### EXTRACTED ENTRIES
+ + + + + + +

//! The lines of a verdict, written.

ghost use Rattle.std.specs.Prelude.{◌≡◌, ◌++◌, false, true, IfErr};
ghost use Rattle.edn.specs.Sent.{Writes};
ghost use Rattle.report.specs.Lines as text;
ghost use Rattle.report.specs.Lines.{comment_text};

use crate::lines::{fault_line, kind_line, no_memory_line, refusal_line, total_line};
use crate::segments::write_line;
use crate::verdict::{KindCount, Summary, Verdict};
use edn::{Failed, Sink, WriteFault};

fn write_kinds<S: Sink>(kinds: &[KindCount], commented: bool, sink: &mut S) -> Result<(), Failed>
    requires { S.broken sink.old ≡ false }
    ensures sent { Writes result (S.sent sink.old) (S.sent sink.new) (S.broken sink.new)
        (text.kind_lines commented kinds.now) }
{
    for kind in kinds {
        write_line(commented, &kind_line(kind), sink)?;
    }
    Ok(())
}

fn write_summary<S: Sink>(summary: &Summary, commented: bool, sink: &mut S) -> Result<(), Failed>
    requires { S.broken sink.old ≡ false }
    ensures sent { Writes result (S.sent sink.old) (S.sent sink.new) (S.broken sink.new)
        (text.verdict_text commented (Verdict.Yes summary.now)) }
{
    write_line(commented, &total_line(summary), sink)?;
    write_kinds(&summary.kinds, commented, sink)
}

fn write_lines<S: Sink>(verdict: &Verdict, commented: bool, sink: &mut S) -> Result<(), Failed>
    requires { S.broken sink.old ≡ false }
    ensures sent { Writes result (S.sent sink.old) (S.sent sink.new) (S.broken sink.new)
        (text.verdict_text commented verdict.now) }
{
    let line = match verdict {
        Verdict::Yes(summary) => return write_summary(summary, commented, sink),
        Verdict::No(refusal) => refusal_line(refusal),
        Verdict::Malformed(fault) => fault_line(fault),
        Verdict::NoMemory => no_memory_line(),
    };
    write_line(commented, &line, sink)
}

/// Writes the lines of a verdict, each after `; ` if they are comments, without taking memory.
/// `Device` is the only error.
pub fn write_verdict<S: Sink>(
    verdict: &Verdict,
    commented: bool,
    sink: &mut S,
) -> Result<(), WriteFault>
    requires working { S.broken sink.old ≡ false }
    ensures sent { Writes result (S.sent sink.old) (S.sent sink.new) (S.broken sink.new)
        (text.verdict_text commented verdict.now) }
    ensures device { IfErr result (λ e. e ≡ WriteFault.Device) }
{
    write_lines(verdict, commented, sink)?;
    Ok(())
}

+ + + + + + +

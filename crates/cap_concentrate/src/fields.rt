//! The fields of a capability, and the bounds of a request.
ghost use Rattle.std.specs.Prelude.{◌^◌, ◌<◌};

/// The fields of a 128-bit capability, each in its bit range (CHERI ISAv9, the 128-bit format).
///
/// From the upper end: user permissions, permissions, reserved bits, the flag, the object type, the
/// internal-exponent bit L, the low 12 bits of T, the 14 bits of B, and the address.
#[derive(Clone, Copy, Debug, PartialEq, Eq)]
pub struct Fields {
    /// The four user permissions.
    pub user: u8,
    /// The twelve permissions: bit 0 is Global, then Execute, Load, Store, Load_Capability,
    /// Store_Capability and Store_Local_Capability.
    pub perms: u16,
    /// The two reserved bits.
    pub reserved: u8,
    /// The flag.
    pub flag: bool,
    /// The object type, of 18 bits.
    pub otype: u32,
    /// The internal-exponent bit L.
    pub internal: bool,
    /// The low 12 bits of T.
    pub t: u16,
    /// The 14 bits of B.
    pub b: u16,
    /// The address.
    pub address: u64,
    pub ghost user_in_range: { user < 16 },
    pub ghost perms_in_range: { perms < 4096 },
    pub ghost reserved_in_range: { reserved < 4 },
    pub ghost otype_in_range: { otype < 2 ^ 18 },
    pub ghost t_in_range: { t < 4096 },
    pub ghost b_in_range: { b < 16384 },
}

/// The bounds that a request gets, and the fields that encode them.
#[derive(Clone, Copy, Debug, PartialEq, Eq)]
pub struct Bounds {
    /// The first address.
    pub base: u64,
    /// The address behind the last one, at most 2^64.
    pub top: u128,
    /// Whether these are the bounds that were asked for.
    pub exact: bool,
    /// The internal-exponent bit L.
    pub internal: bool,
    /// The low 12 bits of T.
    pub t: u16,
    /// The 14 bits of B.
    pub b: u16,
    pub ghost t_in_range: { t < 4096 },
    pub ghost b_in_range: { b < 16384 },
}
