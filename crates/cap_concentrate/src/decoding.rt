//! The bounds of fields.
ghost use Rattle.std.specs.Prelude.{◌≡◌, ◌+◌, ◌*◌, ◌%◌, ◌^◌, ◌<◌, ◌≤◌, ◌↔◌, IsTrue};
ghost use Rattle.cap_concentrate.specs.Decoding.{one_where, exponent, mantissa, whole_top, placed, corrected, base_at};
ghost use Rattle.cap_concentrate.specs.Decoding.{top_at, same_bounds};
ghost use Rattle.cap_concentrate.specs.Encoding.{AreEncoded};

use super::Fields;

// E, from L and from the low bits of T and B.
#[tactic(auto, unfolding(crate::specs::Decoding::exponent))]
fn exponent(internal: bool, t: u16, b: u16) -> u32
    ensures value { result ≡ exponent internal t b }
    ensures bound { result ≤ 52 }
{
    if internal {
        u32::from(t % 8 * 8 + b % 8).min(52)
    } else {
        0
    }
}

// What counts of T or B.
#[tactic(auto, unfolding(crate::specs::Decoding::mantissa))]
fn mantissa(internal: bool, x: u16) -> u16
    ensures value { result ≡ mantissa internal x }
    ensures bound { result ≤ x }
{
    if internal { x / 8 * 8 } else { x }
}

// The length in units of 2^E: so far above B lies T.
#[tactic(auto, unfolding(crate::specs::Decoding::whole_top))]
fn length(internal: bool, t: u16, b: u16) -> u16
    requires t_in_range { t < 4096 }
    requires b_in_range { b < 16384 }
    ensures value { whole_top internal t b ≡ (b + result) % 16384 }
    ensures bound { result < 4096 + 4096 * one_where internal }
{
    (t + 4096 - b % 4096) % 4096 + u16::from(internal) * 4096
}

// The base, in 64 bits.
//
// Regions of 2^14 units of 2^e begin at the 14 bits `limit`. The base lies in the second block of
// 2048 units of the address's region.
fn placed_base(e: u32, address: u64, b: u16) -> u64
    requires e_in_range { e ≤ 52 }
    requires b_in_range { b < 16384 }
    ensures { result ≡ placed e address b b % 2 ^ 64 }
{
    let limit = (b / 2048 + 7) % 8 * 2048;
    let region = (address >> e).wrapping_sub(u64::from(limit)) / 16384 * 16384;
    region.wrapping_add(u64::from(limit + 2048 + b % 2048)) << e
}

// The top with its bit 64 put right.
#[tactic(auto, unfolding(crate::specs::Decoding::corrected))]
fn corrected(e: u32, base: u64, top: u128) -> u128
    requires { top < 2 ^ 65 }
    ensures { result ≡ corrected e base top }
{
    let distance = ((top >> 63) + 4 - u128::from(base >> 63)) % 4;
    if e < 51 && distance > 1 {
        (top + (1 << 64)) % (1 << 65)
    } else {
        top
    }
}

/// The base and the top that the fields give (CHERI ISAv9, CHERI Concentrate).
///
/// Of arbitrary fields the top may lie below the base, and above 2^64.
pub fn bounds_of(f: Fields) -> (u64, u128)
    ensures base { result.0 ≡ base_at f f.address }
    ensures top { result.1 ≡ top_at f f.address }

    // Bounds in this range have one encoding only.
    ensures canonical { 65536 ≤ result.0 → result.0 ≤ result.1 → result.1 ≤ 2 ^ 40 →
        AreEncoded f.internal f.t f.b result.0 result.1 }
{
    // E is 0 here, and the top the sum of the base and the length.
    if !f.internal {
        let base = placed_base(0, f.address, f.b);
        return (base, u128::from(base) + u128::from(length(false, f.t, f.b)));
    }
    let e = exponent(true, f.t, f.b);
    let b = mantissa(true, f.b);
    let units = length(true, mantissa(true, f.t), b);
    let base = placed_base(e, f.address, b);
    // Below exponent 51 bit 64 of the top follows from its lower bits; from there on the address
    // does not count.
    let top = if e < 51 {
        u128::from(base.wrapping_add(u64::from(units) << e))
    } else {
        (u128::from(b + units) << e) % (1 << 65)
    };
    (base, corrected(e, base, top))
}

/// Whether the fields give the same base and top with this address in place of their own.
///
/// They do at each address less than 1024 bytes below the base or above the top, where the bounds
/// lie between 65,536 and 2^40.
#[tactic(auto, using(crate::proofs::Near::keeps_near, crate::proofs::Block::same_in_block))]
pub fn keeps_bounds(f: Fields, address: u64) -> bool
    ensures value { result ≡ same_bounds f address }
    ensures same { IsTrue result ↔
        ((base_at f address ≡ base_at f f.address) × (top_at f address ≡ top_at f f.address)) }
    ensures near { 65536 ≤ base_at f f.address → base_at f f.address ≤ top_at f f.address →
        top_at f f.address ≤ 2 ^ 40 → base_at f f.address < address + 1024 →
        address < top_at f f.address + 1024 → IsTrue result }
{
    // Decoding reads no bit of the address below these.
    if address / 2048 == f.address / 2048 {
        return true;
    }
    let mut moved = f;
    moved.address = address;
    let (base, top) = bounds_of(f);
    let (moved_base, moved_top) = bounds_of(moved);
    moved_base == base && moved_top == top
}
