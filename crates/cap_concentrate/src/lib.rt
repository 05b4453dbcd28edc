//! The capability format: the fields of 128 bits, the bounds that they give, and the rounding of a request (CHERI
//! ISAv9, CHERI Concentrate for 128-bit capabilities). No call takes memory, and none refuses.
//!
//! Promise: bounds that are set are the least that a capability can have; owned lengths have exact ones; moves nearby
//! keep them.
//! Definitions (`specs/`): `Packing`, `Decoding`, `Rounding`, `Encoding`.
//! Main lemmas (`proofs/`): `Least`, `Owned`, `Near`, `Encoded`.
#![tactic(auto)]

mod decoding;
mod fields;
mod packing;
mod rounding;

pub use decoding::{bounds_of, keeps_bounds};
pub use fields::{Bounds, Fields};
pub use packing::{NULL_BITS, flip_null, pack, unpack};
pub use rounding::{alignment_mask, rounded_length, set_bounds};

+ + + + + + +

### TASK DETAILS
Your answer should be one number: how many lines in the material hold the word "limit".

### ANSWER BELOW
4